__Instructions for the task__.
Your task is to reproduce exactly the lines that run from the beginning of the data through the line where "use crate::floor::mark_of;" appears.

*** Excerpted records Section Begins ***

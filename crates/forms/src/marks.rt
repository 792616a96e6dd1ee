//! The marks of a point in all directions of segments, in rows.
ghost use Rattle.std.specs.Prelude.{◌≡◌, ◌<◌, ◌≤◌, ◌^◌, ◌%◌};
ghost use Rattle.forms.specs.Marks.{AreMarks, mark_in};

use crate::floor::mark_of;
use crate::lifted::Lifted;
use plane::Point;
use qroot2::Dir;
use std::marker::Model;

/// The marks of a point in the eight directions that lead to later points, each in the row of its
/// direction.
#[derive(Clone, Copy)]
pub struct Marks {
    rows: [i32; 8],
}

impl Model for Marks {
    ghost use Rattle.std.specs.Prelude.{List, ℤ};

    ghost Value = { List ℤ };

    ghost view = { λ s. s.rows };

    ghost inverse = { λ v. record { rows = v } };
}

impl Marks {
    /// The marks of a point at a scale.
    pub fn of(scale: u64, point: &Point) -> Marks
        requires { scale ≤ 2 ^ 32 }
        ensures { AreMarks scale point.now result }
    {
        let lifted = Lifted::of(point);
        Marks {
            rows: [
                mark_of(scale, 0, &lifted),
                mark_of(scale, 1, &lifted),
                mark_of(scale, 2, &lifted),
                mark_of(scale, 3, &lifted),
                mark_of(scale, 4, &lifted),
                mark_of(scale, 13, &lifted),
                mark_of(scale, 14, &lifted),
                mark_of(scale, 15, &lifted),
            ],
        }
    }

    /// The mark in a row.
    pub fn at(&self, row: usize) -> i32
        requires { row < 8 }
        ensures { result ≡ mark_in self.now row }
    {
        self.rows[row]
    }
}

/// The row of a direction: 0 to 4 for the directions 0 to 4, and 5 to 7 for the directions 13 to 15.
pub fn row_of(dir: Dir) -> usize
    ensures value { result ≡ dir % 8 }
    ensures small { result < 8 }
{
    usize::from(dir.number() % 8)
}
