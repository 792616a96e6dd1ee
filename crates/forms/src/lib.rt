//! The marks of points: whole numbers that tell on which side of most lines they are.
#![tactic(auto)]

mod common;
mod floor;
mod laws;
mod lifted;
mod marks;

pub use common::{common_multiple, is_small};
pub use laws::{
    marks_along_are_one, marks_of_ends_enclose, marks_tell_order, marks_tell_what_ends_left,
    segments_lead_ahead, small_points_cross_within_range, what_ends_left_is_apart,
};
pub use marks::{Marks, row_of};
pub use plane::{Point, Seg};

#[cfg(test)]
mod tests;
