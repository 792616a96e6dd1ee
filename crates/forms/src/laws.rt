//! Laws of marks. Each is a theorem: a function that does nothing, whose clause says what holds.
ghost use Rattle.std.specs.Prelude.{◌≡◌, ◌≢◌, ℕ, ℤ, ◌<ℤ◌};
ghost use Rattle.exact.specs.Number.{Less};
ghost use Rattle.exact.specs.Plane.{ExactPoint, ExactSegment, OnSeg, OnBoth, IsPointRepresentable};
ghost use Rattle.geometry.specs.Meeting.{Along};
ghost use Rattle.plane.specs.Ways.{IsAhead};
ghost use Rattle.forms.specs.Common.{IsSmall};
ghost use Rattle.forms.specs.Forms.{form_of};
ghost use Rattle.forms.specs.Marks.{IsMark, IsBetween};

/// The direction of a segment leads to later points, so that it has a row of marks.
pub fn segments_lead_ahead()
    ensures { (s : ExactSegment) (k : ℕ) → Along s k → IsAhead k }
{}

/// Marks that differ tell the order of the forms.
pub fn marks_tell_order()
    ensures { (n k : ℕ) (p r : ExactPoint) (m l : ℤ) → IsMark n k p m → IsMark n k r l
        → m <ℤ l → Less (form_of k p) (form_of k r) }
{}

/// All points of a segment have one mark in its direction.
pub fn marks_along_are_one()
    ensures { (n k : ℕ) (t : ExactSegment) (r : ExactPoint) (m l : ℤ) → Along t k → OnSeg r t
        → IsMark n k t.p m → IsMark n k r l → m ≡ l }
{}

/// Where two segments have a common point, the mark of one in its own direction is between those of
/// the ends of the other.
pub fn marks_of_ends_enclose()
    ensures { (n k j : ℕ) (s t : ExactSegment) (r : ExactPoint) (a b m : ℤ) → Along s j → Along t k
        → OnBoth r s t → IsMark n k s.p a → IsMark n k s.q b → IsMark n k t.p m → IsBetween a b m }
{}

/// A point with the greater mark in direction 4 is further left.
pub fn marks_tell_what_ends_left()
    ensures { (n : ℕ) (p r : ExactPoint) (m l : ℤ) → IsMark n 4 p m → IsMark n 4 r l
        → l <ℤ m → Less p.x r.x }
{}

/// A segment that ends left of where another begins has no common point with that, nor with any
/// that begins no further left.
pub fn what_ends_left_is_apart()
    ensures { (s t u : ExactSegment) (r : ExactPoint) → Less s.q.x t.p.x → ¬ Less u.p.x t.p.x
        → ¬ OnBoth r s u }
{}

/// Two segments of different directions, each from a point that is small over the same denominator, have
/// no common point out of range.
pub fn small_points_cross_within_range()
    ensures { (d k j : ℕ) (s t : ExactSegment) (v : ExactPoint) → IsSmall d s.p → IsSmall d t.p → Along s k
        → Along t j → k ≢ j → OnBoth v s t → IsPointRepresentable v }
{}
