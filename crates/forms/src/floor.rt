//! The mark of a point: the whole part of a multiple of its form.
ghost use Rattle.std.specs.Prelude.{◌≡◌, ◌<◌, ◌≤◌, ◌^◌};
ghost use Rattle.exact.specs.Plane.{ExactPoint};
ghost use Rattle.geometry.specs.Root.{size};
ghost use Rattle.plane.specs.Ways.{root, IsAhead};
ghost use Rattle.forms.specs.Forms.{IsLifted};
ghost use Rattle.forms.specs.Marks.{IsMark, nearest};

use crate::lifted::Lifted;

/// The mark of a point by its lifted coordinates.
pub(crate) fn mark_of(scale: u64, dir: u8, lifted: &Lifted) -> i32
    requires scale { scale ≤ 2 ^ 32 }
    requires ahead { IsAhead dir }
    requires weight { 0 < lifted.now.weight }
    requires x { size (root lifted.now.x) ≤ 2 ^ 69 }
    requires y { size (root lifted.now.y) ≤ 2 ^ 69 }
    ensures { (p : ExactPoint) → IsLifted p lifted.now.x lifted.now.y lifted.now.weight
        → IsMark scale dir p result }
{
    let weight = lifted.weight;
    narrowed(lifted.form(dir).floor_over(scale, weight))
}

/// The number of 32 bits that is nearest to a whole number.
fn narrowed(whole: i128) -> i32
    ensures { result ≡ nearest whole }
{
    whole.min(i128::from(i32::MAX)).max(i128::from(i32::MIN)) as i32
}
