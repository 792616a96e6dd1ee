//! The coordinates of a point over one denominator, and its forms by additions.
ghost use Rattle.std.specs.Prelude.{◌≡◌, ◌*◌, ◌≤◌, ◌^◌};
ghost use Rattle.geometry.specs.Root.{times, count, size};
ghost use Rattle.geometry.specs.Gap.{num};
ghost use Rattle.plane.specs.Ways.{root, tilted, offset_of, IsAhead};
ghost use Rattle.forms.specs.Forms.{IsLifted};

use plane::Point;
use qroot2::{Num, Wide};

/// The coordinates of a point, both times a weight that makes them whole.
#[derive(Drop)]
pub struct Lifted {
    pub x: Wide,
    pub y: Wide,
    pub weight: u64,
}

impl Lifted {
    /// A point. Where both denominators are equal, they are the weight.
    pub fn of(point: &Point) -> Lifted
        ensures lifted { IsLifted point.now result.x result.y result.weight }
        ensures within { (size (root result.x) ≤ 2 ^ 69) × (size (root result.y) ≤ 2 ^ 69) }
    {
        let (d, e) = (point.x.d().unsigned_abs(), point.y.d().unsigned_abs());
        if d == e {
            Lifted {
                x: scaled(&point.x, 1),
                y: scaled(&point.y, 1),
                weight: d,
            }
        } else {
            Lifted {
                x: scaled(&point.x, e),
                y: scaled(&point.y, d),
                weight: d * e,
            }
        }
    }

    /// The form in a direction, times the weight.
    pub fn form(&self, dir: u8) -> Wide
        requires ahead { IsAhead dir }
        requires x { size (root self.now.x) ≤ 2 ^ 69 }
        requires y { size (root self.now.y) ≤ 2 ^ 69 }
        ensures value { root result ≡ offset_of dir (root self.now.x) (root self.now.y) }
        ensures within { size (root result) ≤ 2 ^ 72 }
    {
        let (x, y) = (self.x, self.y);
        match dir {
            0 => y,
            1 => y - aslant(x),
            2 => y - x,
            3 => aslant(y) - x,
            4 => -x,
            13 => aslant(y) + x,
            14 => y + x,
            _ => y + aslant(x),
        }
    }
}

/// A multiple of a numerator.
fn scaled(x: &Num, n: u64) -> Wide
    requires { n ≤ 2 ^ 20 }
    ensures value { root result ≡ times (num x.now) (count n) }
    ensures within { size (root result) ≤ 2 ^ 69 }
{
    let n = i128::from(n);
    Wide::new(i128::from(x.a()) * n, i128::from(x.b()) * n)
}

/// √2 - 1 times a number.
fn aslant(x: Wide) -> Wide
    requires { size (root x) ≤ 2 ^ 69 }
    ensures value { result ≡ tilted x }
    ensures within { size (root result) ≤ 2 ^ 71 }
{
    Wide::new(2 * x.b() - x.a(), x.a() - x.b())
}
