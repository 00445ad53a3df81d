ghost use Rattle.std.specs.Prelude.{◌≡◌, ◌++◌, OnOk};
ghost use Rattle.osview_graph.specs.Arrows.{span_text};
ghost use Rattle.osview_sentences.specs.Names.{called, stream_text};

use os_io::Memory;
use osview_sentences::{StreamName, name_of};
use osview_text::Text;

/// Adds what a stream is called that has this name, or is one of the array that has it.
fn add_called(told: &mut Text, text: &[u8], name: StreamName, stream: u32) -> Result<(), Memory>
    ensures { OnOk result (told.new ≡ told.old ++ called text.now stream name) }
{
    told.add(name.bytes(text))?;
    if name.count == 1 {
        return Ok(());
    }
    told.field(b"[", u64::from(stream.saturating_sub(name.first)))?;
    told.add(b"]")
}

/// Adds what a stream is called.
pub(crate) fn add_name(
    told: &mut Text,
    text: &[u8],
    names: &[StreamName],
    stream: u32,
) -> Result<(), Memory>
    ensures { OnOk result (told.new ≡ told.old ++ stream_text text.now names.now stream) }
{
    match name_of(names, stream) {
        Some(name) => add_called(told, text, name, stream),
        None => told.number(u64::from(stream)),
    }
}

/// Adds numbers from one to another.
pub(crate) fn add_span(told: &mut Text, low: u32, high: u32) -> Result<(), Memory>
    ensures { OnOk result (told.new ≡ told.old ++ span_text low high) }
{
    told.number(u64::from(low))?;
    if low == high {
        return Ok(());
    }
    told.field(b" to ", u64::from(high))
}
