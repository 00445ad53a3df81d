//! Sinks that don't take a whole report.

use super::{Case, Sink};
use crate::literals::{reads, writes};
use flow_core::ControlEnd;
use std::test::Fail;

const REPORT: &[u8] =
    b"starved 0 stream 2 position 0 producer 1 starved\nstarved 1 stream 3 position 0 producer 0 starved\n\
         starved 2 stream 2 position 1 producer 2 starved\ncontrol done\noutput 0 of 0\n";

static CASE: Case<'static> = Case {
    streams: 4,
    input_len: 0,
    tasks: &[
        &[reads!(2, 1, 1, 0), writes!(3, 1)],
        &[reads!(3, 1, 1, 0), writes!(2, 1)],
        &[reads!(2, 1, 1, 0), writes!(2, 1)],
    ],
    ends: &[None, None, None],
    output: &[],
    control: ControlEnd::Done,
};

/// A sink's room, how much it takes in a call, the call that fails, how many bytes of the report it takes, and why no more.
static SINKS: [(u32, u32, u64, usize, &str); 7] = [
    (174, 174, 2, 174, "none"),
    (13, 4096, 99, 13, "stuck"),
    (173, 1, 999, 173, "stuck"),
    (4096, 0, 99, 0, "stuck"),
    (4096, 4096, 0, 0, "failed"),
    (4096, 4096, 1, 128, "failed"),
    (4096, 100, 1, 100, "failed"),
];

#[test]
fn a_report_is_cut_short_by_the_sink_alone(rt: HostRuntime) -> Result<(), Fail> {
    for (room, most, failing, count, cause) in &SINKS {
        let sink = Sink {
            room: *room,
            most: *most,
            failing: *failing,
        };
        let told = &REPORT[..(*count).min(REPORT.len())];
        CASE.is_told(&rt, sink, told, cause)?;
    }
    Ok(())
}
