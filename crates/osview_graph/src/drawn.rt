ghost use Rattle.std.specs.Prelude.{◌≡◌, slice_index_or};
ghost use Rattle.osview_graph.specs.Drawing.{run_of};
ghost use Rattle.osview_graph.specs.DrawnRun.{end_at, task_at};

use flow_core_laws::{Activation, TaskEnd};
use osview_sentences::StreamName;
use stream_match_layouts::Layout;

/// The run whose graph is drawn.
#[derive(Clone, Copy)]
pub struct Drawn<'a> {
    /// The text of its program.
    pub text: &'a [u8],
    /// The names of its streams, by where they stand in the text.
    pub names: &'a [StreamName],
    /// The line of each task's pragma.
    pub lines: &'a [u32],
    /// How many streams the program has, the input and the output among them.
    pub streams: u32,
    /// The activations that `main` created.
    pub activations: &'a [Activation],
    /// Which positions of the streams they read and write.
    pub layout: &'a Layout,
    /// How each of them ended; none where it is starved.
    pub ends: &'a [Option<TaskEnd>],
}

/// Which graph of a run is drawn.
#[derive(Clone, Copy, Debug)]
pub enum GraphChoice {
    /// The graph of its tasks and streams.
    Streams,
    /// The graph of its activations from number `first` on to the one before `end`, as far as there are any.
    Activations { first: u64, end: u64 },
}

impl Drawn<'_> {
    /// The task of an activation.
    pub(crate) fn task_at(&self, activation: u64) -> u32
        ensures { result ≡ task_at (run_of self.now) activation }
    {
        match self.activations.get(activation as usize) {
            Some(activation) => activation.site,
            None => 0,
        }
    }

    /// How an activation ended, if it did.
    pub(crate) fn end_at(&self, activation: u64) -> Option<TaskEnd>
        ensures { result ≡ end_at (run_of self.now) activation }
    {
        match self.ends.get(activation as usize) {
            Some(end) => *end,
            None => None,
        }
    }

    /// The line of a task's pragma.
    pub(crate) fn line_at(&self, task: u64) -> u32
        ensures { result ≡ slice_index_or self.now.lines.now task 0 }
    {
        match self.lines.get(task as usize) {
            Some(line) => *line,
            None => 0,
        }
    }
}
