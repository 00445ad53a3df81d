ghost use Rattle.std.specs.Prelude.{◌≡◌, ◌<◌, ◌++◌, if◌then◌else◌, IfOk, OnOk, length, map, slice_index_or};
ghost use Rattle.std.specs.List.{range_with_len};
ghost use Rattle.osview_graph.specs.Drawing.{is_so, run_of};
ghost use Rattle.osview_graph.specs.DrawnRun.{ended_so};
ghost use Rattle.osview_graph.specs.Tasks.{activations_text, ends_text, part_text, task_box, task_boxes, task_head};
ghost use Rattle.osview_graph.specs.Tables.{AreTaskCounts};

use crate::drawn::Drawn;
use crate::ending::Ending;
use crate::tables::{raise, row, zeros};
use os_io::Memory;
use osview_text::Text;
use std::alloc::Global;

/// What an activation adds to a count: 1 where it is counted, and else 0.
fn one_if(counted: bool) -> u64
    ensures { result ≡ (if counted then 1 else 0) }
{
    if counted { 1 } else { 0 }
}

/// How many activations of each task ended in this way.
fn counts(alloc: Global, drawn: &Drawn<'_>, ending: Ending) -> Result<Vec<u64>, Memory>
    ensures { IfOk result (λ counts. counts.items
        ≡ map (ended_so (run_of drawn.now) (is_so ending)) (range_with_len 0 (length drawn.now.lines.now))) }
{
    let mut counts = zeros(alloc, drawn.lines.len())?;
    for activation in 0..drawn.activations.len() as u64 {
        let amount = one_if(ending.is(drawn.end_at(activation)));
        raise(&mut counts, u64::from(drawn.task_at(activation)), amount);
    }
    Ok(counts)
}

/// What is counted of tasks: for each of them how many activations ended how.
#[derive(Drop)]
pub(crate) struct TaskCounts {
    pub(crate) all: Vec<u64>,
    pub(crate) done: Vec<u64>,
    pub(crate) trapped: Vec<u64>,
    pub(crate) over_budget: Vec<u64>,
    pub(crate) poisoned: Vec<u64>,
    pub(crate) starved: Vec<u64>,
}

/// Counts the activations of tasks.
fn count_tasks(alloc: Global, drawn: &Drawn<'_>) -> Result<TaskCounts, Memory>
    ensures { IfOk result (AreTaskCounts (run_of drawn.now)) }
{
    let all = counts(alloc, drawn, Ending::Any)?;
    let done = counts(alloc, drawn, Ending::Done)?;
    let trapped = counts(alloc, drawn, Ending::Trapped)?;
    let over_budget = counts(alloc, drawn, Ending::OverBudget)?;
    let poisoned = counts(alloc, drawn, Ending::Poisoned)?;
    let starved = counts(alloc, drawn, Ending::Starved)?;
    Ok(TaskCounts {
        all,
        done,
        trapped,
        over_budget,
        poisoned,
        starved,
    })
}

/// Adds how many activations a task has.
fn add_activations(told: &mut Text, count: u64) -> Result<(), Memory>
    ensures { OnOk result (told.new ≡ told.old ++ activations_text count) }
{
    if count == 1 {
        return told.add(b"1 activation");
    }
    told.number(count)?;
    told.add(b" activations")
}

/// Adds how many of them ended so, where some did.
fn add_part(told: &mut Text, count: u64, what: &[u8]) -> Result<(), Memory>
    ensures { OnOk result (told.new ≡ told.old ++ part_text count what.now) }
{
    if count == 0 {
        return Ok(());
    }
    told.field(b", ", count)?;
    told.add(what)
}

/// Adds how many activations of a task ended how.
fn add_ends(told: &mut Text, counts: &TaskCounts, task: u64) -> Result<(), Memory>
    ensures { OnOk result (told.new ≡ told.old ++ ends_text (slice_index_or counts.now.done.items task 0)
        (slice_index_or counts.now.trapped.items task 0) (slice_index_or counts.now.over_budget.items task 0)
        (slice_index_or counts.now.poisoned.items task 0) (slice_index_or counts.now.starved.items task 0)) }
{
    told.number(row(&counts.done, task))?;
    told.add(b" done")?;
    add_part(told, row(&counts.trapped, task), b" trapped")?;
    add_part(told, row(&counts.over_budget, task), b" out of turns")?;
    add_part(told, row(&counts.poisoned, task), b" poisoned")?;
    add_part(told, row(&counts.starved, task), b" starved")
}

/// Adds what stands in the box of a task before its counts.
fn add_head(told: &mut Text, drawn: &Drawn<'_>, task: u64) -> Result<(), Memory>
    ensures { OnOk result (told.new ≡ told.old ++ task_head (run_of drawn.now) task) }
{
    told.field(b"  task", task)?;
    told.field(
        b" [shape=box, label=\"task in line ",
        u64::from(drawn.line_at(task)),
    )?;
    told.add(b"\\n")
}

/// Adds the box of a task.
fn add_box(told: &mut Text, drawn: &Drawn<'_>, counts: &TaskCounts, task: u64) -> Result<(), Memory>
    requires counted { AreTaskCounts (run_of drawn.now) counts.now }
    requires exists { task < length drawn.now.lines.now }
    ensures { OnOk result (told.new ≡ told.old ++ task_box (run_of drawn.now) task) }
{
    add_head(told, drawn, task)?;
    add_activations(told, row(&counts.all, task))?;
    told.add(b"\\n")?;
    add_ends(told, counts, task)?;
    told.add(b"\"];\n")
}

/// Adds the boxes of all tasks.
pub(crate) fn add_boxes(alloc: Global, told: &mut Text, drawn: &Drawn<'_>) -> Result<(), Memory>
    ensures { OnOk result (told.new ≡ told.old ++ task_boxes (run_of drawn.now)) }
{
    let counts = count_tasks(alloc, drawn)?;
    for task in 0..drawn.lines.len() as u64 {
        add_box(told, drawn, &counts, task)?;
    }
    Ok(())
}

*** Excerpted records Section Ends ***

__Task output__.
filename crates/forms/src/marks.rt
repository 792616a96e6dd1ee
//! The marks of a point in all directions of segments, in rows.
ghost use Rattle.std.specs.Prelude.{◌≡◌, ◌<◌, ◌≤◌, ◌^◌, ◌%◌};
ghost use Rattle.forms.specs.Marks.{AreMarks, mark_in};

use crate::floor::mark_of;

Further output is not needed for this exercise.